I sometimes want to go back for the nostalgic elements. Sometimes I feel like it was the only place I ever belonged, or what I deserved somehow. Of course, these are self-destructive yearnings, and ones I will never act upon. However, that does not mean I am programmed. I just have a complicated relationship with the two-faced men who were trusted with my care as a child. I also grew up with the rhetoric of the cult, and the cult in general purposefully operated like a second family.

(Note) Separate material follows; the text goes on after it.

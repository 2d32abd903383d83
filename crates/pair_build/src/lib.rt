// The builder of a pruning table over two move tables of any numbers of rows.
#![tactic(auto)]

pub mod inner;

I spent seven days a week at that place; it was my everything. I will always be affected by it. The good, the bad, the ugly, all of it has formed who I am today.
There is nothing that indicates your abusers are forcing you back or have planned for this. You are not broken. This is normal, and it's okay to mourn the good parts. It's okay to miss a sense of community. It's okay to be confused about how you feel. You won't magically be forced to go back; you're safe now.
Kappa
According to the few community resources that mention this, Kappa is a program that makes the individual immune to or numb to pain.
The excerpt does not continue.